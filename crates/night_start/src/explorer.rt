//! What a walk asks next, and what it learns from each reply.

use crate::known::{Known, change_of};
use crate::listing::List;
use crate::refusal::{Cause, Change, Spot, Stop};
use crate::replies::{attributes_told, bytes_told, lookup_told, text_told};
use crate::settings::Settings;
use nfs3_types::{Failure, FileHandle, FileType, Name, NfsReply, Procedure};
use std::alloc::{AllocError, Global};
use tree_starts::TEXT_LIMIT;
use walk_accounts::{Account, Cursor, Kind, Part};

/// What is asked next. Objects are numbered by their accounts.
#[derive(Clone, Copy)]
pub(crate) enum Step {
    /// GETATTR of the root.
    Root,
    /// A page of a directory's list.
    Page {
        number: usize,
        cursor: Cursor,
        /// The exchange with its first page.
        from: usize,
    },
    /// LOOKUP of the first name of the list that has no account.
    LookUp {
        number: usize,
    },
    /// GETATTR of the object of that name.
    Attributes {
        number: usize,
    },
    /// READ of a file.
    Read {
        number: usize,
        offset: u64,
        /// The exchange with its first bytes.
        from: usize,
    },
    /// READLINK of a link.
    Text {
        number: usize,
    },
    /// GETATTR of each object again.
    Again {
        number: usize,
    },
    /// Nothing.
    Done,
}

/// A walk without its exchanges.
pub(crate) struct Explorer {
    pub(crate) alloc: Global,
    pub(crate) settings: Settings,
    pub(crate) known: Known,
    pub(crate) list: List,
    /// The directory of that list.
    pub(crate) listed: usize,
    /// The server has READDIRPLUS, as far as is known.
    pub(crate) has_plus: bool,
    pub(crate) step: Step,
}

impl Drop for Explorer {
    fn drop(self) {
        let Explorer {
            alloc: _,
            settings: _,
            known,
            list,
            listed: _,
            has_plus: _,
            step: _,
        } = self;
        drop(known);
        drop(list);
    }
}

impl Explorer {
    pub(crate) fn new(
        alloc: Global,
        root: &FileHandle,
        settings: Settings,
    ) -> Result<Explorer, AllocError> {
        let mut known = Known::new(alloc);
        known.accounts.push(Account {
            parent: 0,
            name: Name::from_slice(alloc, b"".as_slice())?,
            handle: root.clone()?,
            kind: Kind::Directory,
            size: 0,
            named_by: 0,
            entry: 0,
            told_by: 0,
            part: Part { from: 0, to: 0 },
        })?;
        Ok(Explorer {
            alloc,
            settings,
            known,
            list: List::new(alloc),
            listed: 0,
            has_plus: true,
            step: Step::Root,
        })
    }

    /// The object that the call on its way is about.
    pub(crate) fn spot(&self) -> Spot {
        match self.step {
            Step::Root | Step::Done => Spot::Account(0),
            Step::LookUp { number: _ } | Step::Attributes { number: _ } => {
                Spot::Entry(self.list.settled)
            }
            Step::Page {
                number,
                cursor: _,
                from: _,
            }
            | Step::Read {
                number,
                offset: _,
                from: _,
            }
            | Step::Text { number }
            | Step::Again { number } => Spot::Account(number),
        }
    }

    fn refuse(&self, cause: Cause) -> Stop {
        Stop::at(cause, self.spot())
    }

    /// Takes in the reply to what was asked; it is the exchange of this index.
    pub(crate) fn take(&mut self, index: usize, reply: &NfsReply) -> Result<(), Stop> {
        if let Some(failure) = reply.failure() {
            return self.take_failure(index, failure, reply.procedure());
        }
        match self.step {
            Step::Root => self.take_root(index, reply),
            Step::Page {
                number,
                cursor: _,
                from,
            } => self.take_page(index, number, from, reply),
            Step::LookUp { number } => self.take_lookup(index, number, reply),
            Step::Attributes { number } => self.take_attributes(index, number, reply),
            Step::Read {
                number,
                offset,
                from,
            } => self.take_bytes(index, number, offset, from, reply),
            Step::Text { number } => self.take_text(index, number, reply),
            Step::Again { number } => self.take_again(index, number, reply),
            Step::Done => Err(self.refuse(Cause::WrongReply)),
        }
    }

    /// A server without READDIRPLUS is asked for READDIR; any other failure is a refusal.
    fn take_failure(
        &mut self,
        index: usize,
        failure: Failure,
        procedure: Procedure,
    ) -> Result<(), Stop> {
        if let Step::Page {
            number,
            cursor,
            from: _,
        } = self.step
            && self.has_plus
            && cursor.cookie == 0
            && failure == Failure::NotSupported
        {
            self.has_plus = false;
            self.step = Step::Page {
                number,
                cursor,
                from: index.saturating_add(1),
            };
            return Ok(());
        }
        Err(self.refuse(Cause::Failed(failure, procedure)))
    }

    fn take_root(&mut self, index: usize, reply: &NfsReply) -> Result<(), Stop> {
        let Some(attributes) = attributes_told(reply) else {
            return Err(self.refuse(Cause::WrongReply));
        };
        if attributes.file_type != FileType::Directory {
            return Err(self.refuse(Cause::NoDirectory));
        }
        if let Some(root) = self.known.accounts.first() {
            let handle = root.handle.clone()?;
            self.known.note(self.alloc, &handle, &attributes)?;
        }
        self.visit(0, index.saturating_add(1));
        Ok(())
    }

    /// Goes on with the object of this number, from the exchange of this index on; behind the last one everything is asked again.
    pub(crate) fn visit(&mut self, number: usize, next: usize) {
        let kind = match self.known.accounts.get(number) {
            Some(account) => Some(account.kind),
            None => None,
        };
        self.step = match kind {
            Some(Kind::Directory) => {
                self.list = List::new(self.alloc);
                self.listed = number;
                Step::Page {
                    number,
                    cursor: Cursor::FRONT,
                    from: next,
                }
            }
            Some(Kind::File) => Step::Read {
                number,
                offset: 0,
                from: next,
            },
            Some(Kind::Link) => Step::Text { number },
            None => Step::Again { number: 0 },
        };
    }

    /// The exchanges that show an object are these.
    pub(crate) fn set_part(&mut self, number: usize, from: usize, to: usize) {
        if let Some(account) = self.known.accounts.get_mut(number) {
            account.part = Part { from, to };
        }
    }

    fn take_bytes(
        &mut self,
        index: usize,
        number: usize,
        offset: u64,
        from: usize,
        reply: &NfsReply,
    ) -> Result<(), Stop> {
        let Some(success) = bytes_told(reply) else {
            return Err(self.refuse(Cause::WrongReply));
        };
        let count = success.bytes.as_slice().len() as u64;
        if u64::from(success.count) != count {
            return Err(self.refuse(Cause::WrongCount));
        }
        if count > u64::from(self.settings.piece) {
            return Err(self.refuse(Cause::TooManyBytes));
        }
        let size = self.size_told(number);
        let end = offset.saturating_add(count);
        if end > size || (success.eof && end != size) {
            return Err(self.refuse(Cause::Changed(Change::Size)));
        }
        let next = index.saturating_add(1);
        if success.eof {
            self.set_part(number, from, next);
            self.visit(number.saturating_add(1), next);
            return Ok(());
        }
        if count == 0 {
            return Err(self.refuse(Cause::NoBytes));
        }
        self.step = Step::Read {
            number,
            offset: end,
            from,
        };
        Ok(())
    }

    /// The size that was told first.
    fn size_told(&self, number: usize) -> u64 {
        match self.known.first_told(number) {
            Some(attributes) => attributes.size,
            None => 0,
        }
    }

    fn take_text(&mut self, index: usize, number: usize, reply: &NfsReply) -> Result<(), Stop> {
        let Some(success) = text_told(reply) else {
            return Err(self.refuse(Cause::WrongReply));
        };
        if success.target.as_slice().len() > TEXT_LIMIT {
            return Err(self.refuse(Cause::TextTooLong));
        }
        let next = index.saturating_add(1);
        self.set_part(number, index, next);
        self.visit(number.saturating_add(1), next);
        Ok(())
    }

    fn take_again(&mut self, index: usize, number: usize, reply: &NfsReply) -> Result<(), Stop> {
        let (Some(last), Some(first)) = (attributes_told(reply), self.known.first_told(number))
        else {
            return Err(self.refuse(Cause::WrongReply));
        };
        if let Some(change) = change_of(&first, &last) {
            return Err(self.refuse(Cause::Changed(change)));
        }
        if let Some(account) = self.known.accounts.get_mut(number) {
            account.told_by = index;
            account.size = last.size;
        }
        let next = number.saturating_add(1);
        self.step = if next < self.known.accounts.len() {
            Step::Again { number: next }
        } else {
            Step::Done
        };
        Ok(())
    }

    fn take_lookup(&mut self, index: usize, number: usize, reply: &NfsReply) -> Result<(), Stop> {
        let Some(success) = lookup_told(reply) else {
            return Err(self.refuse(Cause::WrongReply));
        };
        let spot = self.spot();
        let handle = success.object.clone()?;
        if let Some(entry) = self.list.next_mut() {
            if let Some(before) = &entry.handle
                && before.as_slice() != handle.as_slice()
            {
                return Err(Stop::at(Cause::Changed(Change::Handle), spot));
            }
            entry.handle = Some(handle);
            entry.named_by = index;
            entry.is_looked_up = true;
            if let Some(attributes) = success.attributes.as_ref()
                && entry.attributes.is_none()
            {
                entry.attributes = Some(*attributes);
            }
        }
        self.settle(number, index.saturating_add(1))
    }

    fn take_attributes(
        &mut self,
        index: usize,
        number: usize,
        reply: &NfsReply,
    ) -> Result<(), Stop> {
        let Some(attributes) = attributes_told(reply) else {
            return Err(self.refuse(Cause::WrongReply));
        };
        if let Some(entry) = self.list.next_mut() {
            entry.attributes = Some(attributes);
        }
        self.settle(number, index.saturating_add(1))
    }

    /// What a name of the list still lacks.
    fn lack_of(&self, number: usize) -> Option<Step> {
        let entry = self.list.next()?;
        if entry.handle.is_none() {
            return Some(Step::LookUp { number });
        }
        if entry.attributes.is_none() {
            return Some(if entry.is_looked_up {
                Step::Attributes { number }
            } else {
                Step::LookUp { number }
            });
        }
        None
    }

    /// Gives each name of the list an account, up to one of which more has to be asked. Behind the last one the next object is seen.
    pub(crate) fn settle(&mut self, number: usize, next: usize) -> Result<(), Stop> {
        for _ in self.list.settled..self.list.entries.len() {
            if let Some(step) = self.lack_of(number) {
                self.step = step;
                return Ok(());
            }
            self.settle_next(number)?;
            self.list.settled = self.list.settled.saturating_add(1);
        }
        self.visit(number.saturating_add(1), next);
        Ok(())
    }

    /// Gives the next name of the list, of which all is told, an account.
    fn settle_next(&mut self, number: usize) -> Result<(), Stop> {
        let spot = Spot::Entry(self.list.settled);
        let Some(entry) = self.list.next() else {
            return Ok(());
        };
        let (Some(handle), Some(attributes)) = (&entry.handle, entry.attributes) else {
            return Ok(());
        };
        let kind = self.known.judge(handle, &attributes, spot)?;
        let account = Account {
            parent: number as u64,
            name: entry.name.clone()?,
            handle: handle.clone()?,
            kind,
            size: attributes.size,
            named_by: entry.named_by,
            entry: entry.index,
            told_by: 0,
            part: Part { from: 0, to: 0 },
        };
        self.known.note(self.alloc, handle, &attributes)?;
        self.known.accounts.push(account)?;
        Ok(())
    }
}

..............................

Report every line of the data above that contains the string "which" by copying it in full.

▶ Problem solution:
    /// Gives each name of the list an account, up to one of which more has to be asked. Behind the last one the next object is seen.
    /// Gives the next name of the list, of which all is told, an account.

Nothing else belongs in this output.